As a percentage of sales, S,G&A was 13.9 percent in the
quarter, compared to 11.0 percent in 2004. Adjusted* S,G&A
expense in the quarter was $84.3 million, or 12.8 percent of sales,
compared to $63.6 million in the third quarter of 2004, or 9.7
percent of sales. As expected, the increase in the adjusted*
S,G&A primarily was driven by higher ongoing, incremental costs
associated with being an independent, public company. Income from
operations in the quarter was $100.6 million, compared to $93.9
million in the third quarter of 2004. The operating margin for the
quarter was 15.3 percent, compared to 14.3 percent for the same
period in 2004. Adjusted* income from operations in the quarter was
$113.0 million, an increase of 8.9 percent from $103.7 million in
the third quarter of 2004. The adjusted* operating margin for the
quarter was 17.2 percent, compared to 15.8 percent in 2004. The
increase was attributable to the improvement in gross margin,
partially offset by higher R&D and S,G&A spending.
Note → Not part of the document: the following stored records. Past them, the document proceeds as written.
//! The distributed client of a script.

ghost use Rattle.std.specs.Prelude.{◌≡◌, ◌≤◌, IfOk, OnOk, Some, None, true, length};
ghost use Rattle.sc_compile_dist.specs.Doing.{after_job, new_doing};
ghost use Rattle.sc_compile_dist.specs.GoodJobs.{is_good_dist};
ghost use Rattle.sc_compile_dist.specs.Jobs.{is_lost, no_answer, script_answer, with_outputs};
ghost use Rattle.sc_stats.specs.declared.counters.DistInfo.TheVariants.{SchedulerStatus as Told};

use crate::client::{DistClient, SchedulerStatus};
use crate::dist_line::DistLine;
use sc_compile_table::Book;
use sc_entry::{ByteText, FileObjectSource, NoMemory, Text};
use sc_model::{DistAnswer, Objects, RunOutput, SingleCompileCommand, output_with};
use std::alloc::Global;
use std::marker::Model;

/// A distributed client that answers by lines. The `i`th job under a key takes the key's `i`th line, and later ones take the
/// last; without a line it is lost. Its scheduler has no servers. Contracts see it as its lines, what it did, and how often it
/// failed.
#[derive(Drop)]
pub struct ScriptDist {
    alloc: Global,
    /// The lines on jobs, and the jobs that were done.
    jobs: Book<DistLine, DistAnswer>,
    faults: u64,
}

impl Model for ScriptDist {
    ghost use Rattle.sc_compile_dist.specs.Doing.{Doing};

    ghost Value = { Doing };

    ghost view = { λ d. record { lines = d.jobs.values; jobs = d.jobs.done; faults = d.faults } };
}

fn copied_output(out: &RunOutput) -> Result<RunOutput, NoMemory>
    ensures { IfOk result (λ o. o ≡ out.now) }
{
    Ok(out.clone()?)
}

/// A copy of an answer.
fn copied(answer: &DistAnswer) -> Result<DistAnswer, NoMemory>
    ensures { IfOk result (λ a. a ≡ answer.now) }
{
    match answer {
        DistAnswer::Done(server, out) => {
            let server = server.try_clone()?;
            Ok(DistAnswer::Done(server, copied_output(out)?))
        }
        DistAnswer::Http(text) => Ok(DistAnswer::Http(text.try_clone()?)),
        DistAnswer::TooLarge(text) => Ok(DistAnswer::TooLarge(text.try_clone()?)),
        DistAnswer::Other(text) => Ok(DistAnswer::Other(text.try_clone()?)),
    }
}

/// A copy of a line's answer, for a job from which these outputs are wanted.
fn with_outputs(
    alloc: Global,
    outputs: &[FileObjectSource],
    answer: &DistAnswer,
) -> Result<DistAnswer, NoMemory>
    requires { is_good_dist answer.now ≡ true }
    ensures value { IfOk result (λ a. a ≡ with_outputs outputs.now answer.now) }
    ensures good { IfOk result (λ a. is_good_dist a ≡ true) }
{
    match answer {
        DistAnswer::Done(server, out) => {
            let server = server.try_clone()?;
            Ok(DistAnswer::Done(server, output_with(alloc, outputs, out)?))
        }
        DistAnswer::Http(text) => Ok(DistAnswer::Http(text.try_clone()?)),
        DistAnswer::TooLarge(text) => Ok(DistAnswer::TooLarge(text.try_clone()?)),
        DistAnswer::Other(text) => Ok(DistAnswer::Other(text.try_clone()?)),
    }
}

/// The answer of a job under a key without a line.
fn no_answer(alloc: Global, key: &Text) -> Result<DistAnswer, NoMemory>
    ensures value { IfOk result (λ a. a ≡ no_answer key.now) }
    ensures good { IfOk result (λ a. is_good_dist a ≡ true) }
{
    let mut text = String::from_str(alloc, "no answer for ")?;
    text.push_str(key.as_str())?;
    Ok(DistAnswer::Other(Text::from_string(text)))
}

/// Whether no job gave an answer, or it is one without its objects.
fn is_lost(answer: &DistAnswer) -> bool
    ensures { result ≡ is_lost answer.now }
{
    match answer {
        DistAnswer::Done(_, out) => matches!(&out.objects, Objects::Broken(_)),
        DistAnswer::Http(_) => true,
        DistAnswer::TooLarge(_) => true,
        DistAnswer::Other(_) => true,
    }
}

impl ScriptDist {
    /// A client that did no job.
    pub fn new(alloc: Global, lines: Vec<DistLine>) -> Result<ScriptDist, NoMemory>
        ensures { IfOk result (λ d. d ≡ new_doing lines.items) }
    {
        let jobs = Book::new(alloc, lines)?;
        Ok(ScriptDist {
            alloc,
            jobs,
            faults: 0,
        })
    }

    /// How many jobs it did.
    pub fn job_count(&self) -> usize
        ensures { result ≡ length self.now.jobs }
    {
        self.jobs.done_count()
    }

    fn answer(
        &self,
        alloc: Global,
        key: &Text,
        outputs: &[FileObjectSource],
    ) -> Result<DistAnswer, NoMemory>
        ensures value { IfOk result (λ a. a ≡ script_answer self.now.lines key.now self.now.jobs outputs.now) }
        ensures good { IfOk result (λ a. is_good_dist a ≡ true) }
    {
        let bytes = ByteText::from_slice(alloc, key.as_bytes())?;
        match self.jobs.next(&bytes) {
            None => no_answer(alloc, key),
            Some(line) => with_outputs(alloc, outputs, &line.answer),
        }
    }

    fn keep(&mut self, key: &Text, answer: &DistAnswer) -> Result<(), NoMemory>
        ensures kept { OnOk result (self.new ≡ after_job self.old key.now answer.now) }
        ensures later { self.old.faults ≤ self.new.faults }
    {
        let key = ByteText::from_slice(self.alloc, key.as_bytes())?;
        self.jobs.keep(&key, copied(answer)?)?;
        if is_lost(answer) {
            self.faults = self.faults.saturating_add(1);
        }
        Ok(())
    }
}

impl DistClient for ScriptDist {
    ghost jobs = { λ d. Some d.jobs };

    ghost lines = { λ d. Some d.lines };

    ghost scheduler = { λ _. Some (Some (Told None 0 0 0)) };

    ghost fault_count = { λ d. d.faults };

    fn faults(&self) -> u64 {
        self.faults
    }

    fn run(
        &mut self,
        alloc: Global,
        key: &Text,
        _command: &SingleCompileCommand,
        outputs: &[FileObjectSource],
    ) -> Result<DistAnswer, NoMemory> {
        let answer = self.answer(alloc, key, outputs)?;
        self.keep(key, &answer)?;
        Ok(answer)
    }

    fn status(&mut self, _alloc: Global) -> Result<Option<SchedulerStatus>, NoMemory> {
        Ok(Some(SchedulerStatus {
            url: None,
            num_servers: 0,
            num_cpus: 0,
            in_progress: 0,
        }))
    }
}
Interest
expense in the quarter was $6.9 million, compared to $8.3 million
in the same period of 2004. The decline was due to an interest rate
swap entered into in 2005 and higher capitalized interest in the
current quarter. Other income was $3.4 million in the quarter,
compared to other income of $2.5 million for 2004. The majority of
the change is due to higher interest income in 2005. Net income in
the quarter was $59.9 million, compared to $61.3 million in the
third quarter of 2004. Adjusted* net income for the quarter
increased 14.0 percent to $78.0 million, from $68.5 million in
2004. The tax rate for the quarter, excluding the tax charge of
$9.5 million related to the repatriation of foreign earnings under
the Jobs Creation Act of 2004, was 28.7 percent, compared to 30.1
percent in 2004. The company is now projecting the full-year tax
rate to be 25.5 percent. This is an increase from the previously
projected rate of 24.0 percent, as a greater proportion of income
is now anticipated to be sourced from the United States rather than
from lower-tax-rate non-U.S. jurisdictions. As a result, the 2005
third-quarter tax rate reflects the adjustment necessary to provide
for income taxes at a 25.5 percent rate through the first nine
months of 2005, excluding the impact of the repatriation.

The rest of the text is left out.